To think I will never ever fit in or make friends?(120 Posts)
Is it possible that you can never ever learn social skills or fit in with people?
I've not had friends all through school. College was going to be my chance! Nope messed up again. Then university. And work. No friends.
I don't do anything wrong in the sense of being mean or horrible or raving on about boring stuff. Maybe I am boring though just by being? People talk over me as if I'm invisible or don't exist. Even my ex boyfriend used to do it.
There's another conundrum. I've had relationships but i guess looking back I was targeted by abusive men who probably saw how desperate for interaction I was.
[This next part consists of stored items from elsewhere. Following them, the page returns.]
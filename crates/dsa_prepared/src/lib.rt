//! Planned submissions that are filled for other buffers: planned once, submitted on any buffers.
#![tactic(auto)]

mod entry;
mod fault;
mod filling;
mod groups;
mod keeping;
mod laws;
mod parts;
mod places;
mod prepared;
mod preparing;
mod preparing_any;
mod reading;
mod row;
mod sorted;
mod template;
mod tie;
mod word;
mod writing;

pub use fault::{FillFault, PrepareFault};
pub use filling::fill_rows;
pub use keeping::{
    choice_stays, conflicts_stay, listed_relocates, meeting_spans_stay, pieces_lie,
    pieces_relocate, plans_relocate, regions_are_one_to_one, regions_keep_offsets,
    samples_relocate, submission_relocates,
};
pub use laws::{
    aligned_bases_align, filled_any_is_planned, filled_is_emission, filled_is_planned,
    prepared_without_fences,
};
pub use prepared::Prepared;
pub use preparing::{Costed, prepare};
pub use preparing_any::prepare_any_list;
pub use reading::are_prepared;
pub use row::Row;
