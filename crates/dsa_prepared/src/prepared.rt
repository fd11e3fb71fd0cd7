//! Prepared submissions.

ghost use Rattle.std.specs.Prelude.{◌≡◌, ◌+◌, ◌*◌, length, IfOk};
ghost use Rattle.dsa_prepared.specs.Rows.{ArePrepared, rows_of, template_in};

use crate::parts::Parts;
use crate::reading::{header_word, portal_rows, staging_rows};
use crate::row::Row;
use crate::writing::rows_of;
use std::alloc::{AllocError, Global};
use std::marker::Model;

/// A planned submission, with each address as a region and an offset in it. Contracts see it as a `Template`.
#[derive(Drop)]
pub struct Prepared {
    rows: Vec<Row>,
}

impl Model for Prepared {
    ghost use Rattle.std.specs.Prelude.{◌≡◌};
    ghost use Rattle.dsa_prepared.specs.Templates.{Template};
    ghost use Rattle.dsa_prepared.specs.Rows.{ArePrepared, rows_of, template_in};

    ghost Value = { Template };

    ghost view = { λ p. template_in p.rows.items };

    ghost invariant = { λ p. ArePrepared p.rows.items
        × (p.rows.items ≡ rows_of (template_in p.rows.items)) };
}

impl Prepared {
    /// The submission of these parts.
    pub(crate) fn of(alloc: Global, parts: &Parts) -> Result<Prepared, AllocError>
        ensures { IfOk result (λ p. p ≡ parts.now) }
    {
        let rows = rows_of(alloc, parts)?;
        Ok(Prepared { rows })
    }

    /// Its rows, which can be copied, shared and kept: [`fill_rows`] fills from them, too.
    pub fn as_rows(&self) -> &[Row]
        ensures value { result.now ≡ rows_of self.now }
        ensures read { template_in result.now ≡ self.now }
        ensures prepared { ArePrepared result.now }
    {
        &self.rows
    }

    /// How many pieces the list has.
    pub fn piece_count(&self) -> usize
        ensures { result ≡ self.now.pieces }
    {
        header_word(&self.rows, 6)
    }

    /// The bytes that filling writes to the portal, 64 for each group of the plan.
    pub fn portal_len(&self) -> usize
        ensures { result ≡ 64 * length self.now.portal }
    {
        64 * portal_rows(&self.rows).len()
    }

    /// The bytes that filling writes to the staging area: 64 for each piece in a batch, and 32 for each batch.
    pub fn staging_len(&self) -> usize
        ensures { result ≡ 64 * length self.now.staging + 32 * self.now.batches }
    {
        64 * staging_rows(&self.rows).len() + 32 * header_word(&self.rows, 5)
    }
}
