// Sets the delivery moment of the line, if there is one, to `moment`, which may be `None`.
fn set_delivery(
    orders: &mut BTreeMap<OrderKey, Numbered>,
    key: OrderLineKey,
    moment: Option<Moment>,
)
    requires { AreNumbered orders.old.entries }
    ensures rows { ChangesRow (eq_by_cmp line_cmp) key (with_delivery_d moment)
        (all_lines_table orders.old) (all_lines_table orders.new) }
    ensures many { length (all_lines orders.new.entries) ≡ length (all_lines orders.old.entries) }
    ensures numbered { AreNumbered orders.new.entries }
    ensures ordered { IsOrdered order_cmp orders.new }
{
    if let Some(lines) = orders.get_mut(&key.order()) {
        lines.set_delivery(key.number, moment);
    }
}

// Sets the delivery moment of the order's lines.
fn deliver(orders: &mut BTreeMap<OrderKey, Numbered>, order: OrderKey, moment: Moment)
    requires { AreNumbered orders.old.entries }
    ensures rows { all_lines_table orders.new
        ≡ map_rows (with_moment order moment) (all_lines_table orders.old) }
    ensures many { length (all_lines orders.new.entries) ≡ length (all_lines orders.old.entries) }
    ensures numbered { AreNumbered orders.new.entries }
    ensures ordered { IsOrdered order_cmp orders.new }
{
    if let Some(lines) = orders.get_mut(&order) {
        lines.deliver(moment);
    }
}

// The number of lines of these orders.
fn count_lines(orders: &BTreeMap<OrderKey, Numbered>) -> usize
    requires { length (all_lines orders.now.entries) < 2 ^ 63 }
    ensures { result ≡ length (all_lines orders.now.entries) }
{
    Lines::of(orders.range(..)).count()
}

fn order_key(home: DistrictKey, number: u32) -> OrderKey
    ensures { result ≡ record { w_id = home.w_id; d_id = home.d_id; o_id = number } }
{
    OrderKey {
        w_id: home.w_id,
        d_id: home.d_id,
        o_id: number,
    }
}

fn line_key(order: OrderKey, number: u32) -> OrderLineKey
    ensures { result ≡ line_key order number }
{
    OrderLineKey {
        w_id: order.w_id,
        d_id: order.d_id,
        o_id: order.o_id,
        number,
    }
}
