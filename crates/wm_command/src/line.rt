//! Parses the command line, and finds the first argument whose value is wrong. Also the text of the help.

ghost use Rattle.std.specs.Prelude.{ℕ, ◌≡◌, ◌≢◌, ◌<◌, ◌≤◌, ◌^◌, ◌⊎◌, ◌↔◌, [], Option, Some, false, codes, map};
ghost use Rattle.std.specs.Prelude.{option_map, IfOk, IfErr, IfSome, IsSome, IsTrue, None, SomeIff, MatchOption};
ghost use Rattle.std.specs.Prelude.{Contains, List, length};
ghost use Rattle.std.specs.Str.Parse.{IsNumeral, digits_value};
ghost use Rattle.clap.specs.Words.{app_of, fault_of, first_value, found_of, rule_of};
ghost use Rattle.wm_command.specs.declared.arguments.Action.TheVariants.{Build};
ghost use Rattle.wm_command.specs.declared.arguments.LineFault.TheVariants.{Memory, Words};
ghost use Rattle.wm_command.specs.Lines.{Asks, AsksNothing, FilesFit, GivesInputs, GivesProfile, IsActionWord, IsEnding, IsFaultOf};
ghost use Rattle.wm_command.specs.Lines.{IsLimit, IsMost, IsPolicy, IsProfile, IsSpellings, IsWrong, NamesAction, NamesFeatures};
ghost use Rattle.wm_command.specs.Lines.{NamesNoOther, NamesProfile, words_in};
ghost use Rattle.wm_command.specs.Lines.{NoneIsWrong, Says, SaysNone, Stands, TakesMany, WritesModule};
ghost use Rattle.wm_command.specs.Lines.{action_name, action_rule, file_rule, file_rules, files_found, files_of, flag_rule};
ghost use Rattle.wm_command.specs.Lines.{head_of, module_rules, option_rule};
ghost use Rattle.wm_command.specs.Lines.{versioned, with_letter, with_rules, wmod, word_of};
ghost use Rattle.wm_command.specs.declared.arguments.Inputs.{Inputs};
ghost use Rattle.wm_read.specs.declared.spellings.Spellings.{Spellings};
ghost use Rattle.wm_rules.specs.declared.policy.Policy.{Policy};
ghost use Rattle.wm_syntax.specs.declared.profile.Feature.{Feature as AFeature};
ghost use Rattle.wm_syntax.specs.declared.profile.Profile.{Profile};

use crate::arguments::{Action, Ending, Inputs, Line, LineFault, Request};
use crate::complaint::Escaped;
use crate::explain::Wrong;
use crate::features::{NoFeature, with_features, with_words};
use clap::error::ErrorKind;
use clap::{Arg, ArgAction, ArgMatches, Command};
use std::alloc::{AllocError, Global};
use std::convert::AsStr;
use std::fmt;
use wm_read::spellings::Spellings;
use wm_rules::Policy;
use wm_syntax::profile::Profile;

const DEFAULT_LIMIT: u64 = 4294967295;

const MOST_LIMIT: u64 = 4611686018427387904;

/// Parses the value of `--limit`. Returns `None` if it is not all decimal digits, or is above 2^62.
fn limit_of(text: &str) -> Option<u64>
    ensures { SomeIff result (IsNumeral 10 text.now × (digits_value 10 text.now ≤ 2 ^ 62))
        (digits_value 10 text.now) }
{
    // `parse` accepts a sign
    if text.starts_with('+') {
        return None;
    }
    match text.parse::<u64>() {
        Ok(limit) if limit <= MOST_LIMIT => Some(limit),
        _ => None,
    }
}

/// Parses a limit of the policy. Returns `None` if it is not all decimal digits, or is not below 2^32.
fn most_of(text: &str) -> Option<u32>
    ensures { SomeIff result (IsNumeral 10 text.now × (digits_value 10 text.now < 2 ^ 32))
        (digits_value 10 text.now) }
{
    // `parse` accepts a sign
    if text.starts_with('+') {
        return None;
    }
    text.parse::<u32>().ok()
}

/// Returns the action with this name, or `None` if there is none. `explain` and `help` are no `Action`.
fn action_of(text: &str) -> Option<Action>
    ensures { MatchOption result ((a : Action) → text.now ≢ action_name a) (λ a. text.now ≡ action_name a) }
{
    match text {
        "check" => Some(Action::Check),
        "stats" => Some(Action::Stats),
        "canon" => Some(Action::Canon),
        "show" => Some(Action::Show),
        "build" => Some(Action::Build),
        _ => None,
    }
}

/// Whether ACTION may be this word: the name of an action, `explain` or `help`.
fn is_action_word(text: &str) -> bool
    ensures { IsTrue result ↔ IsActionWord text.now }
{
    match text {
        "explain" | "help" => true,
        _ => action_of(text).is_some(),
    }
}

/// Whether an action with this word reads several files, or a list of names.
fn takes_many(text: &str) -> bool
    ensures { IsTrue result ↔ TakesMany text.now }
{
    match text {
        "check" | "stats" => true,
        _ => false,
    }
}

/// Whether an action with this word writes a module, so that it may write it to a file.
fn writes_module(text: &str) -> bool
    ensures { IsTrue result ↔ WritesModule text.now }
{
    match text {
        "canon" | "show" | "build" => true,
        _ => false,
    }
}

/// Returns the profile with this name: `1` to `4`, or `1.0` for `3`. Returns `None` for any other text.
fn profile_of(text: &str) -> Option<Profile>
    ensures { MatchOption result ((p : Profile) → NamesProfile text.now p → ⊥) (NamesProfile text.now) }
{
    match text {
        "1" => Some(Profile::ONE),
        "2" => Some(Profile::TWO),
        "3" | "1.0" => Some(Profile::THREE),
        "4" => Some(Profile::FOUR),
        _ => None,
    }
}

const ABOUT: &str = "Checks and converts WebAssembly 1.0 modules, reading them once.\n\n  \
    check    print `valid`, or why the input is refused and where\n  \
    stats    print five figures about the function bodies of a valid module\n  \
    canon    write a valid module in canonical binary form: shortest numbers, no custom sections\n  \
    show     write a valid module as text: one line per field, and one per instruction\n  \
    build    read a module as text, and write it in canonical binary form\n  \
    explain  print what the NAME of a refusal means: `wmod explain NAME`";

const ANSWERS: &str =
    "Any other input gives `refused at N: NAME`: N bytes were read when it was decided.\n\
    `build` prints `text refused at N (LINE:COLUMN): NAME` for a wrong text: N is the offset of the deciding\n\
    token, and LINE and COLUMN are where it begins.\n\
    It prints `module refused at N: NAME` for an invalid module: N counts bytes of its canonical binary.\n\
    `wmod explain NAME` explains a NAME.\n\n\
    `check` and `stats` print a line for each of several files, such as `FILE: valid`. The run goes on after a\n\
    refusal or a file that cannot be read, and the greatest exit status is returned.\n\n\
    A module of 30 bytes may declare 2^32 - 1 locals, which `show` writes as 17 GB of text. For untrusted\n\
    modules set --max-functions F and --max-locals L: locals then take at most about 4 F L bytes.\n\n\
    Exit status: 0 done, 1 refused, 2 wrong arguments, 3 cannot read or write, 4 out of memory.\n\n\
    Examples:\n  \
    wmod check module.wasm\n  \
    wmod check --profile 3 with_floats.wasm\n  \
    wmod check --features compilers compiled.wasm\n  \
    wmod stats --limit 1000000 < module.wasm\n  \
    wmod check first.wasm second.wasm\n  \
    find modules -name '*.wasm' -print0 | wmod check --from - --null\n  \
    wmod canon module.wasm > canonical.wasm\n  \
    wmod show module.wasm > module.wat\n  \
    wmod show --max-functions 1000 --max-locals 1000 stranger.wasm > stranger.wat\n  \
    wmod build module.wat --output module.wasm\n  \
    wmod build --old-words older.wat > module.wasm\n  \
    wmod explain Index";

// the help text of each option
const PROFILE: &str =
    "1, 2, 3 or 4: floats under 3 and 4, sign extension under 2 and 4; 1.0 is 3 [default: 1]";

const FEATURES: &str =
    "Words with commas between them: features to add to the profile; `help` lists all";

const LIMIT: &str = "The maximum length of the input in bytes [default: 4294967295]";

const MAX_FUNCTIONS: &str =
    "The maximum number of functions, imported ones included [default: no limit]";

const MAX_LOCALS: &str = "The maximum number of locals a function declares [default: no limit]";

const MAX_OPEN: &str =
    "The maximum number of blocks, loops and ifs open at once [default: no limit]";

const OLD_WORDS: &str = "With `build`: accept the names of older tools too, such as get_local";

const FROM: &str = "With `check` or `stats`: read the names of the files from FILE, one a line";

const NULL: &str = "With `check` or `stats`: a zero byte ends each name of --from, not a line feed";

const OUTPUT: &str =
    "With `canon`, `show` or `build`: write to FILE, and change it only if all is written";

const QUIET: &str = "Print no line of detail for a refusal on standard error";

fn action_arg<'a>(alloc: Global) -> Arg<'a>
    ensures rule { rule_of result ≡ action_rule }
    ensures local { result.global ≡ false }
{
    Arg::new(alloc, "ACTION")
        .required(true)
        .action(ArgAction::Set)
        .help("check, stats, canon, show, build, explain or help")
}

/// Returns an option that takes one value, shown as `value` in the help.
fn option_arg<'a>(alloc: Global, name: &'a str, value: &'a str, help: &'a str) -> Arg<'a>
    ensures rule { rule_of result ≡ option_rule name.entry.now }
    ensures local { result.global ≡ false }
{
    Arg::new(alloc, name)
        .long(name)
        .value_name(value)
        .action(ArgAction::Set)
        .help(help)
}
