// The greatest common divisor of each transition's weights, in a table.
#![tactic(auto)]

ghost use Rattle.divisors.specs.Table.{HoldsDivisors};

use limits::TRANSITIONS;
use sound_model::SoundModel;

pub type Divisors = [usize; TRANSITIONS];

pub fn divisors_of(model: SoundModel) -> Divisors
    ensures { HoldsDivisors model.entry.file.now model.entry.transitions result }
{
    let mut divisors = [0; TRANSITIONS];
    for r in 0..model.transitions {
        let t = model.fields(r);
        divisors[r] = transition_terms::divisor_of(model.file, t.count, t.entries);
    }
    divisors
}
It certainly made me put up with a lot from them.
I just don't know what to do anymore. I'm alone all the time. I don't work (health stuff) but even if I did I doubt I would make friends. I manage to get spoken to but if anyone more interesting enters the room I will get cut off and talked over.
I should emphasise again, I'm not the kind of person who chats on when the other person is sending "I'm bored" signals. I'm very cautious of this due to worrying if that's why I had no friends.
I've been asked before by someone if I was sure I hadn't been missed for a diagnosis of aspergers but I've read into that and while a lot of it fits me, there's still some that doesn't so that rules that out.
Am I being unreasonable to think that I'm just someone people don't want as a friend and ill never fit in? I wouldn't want to be friends with me I guess!
As I say, my son has Aspergers. I wonder wether I have a bit of it too. Never enough to be diagnosed. I see much of me (especially as a child) in him and I understand him in a way (you could say its just mum's intuition, I guess) that my exchange did, for sure.
But we are the way we are. I can "do" social to a limited extent but its hard, unless I'm with people I know very very well, and have done for years. Small talk's fantastically hard for me and I will avoid situations if I can.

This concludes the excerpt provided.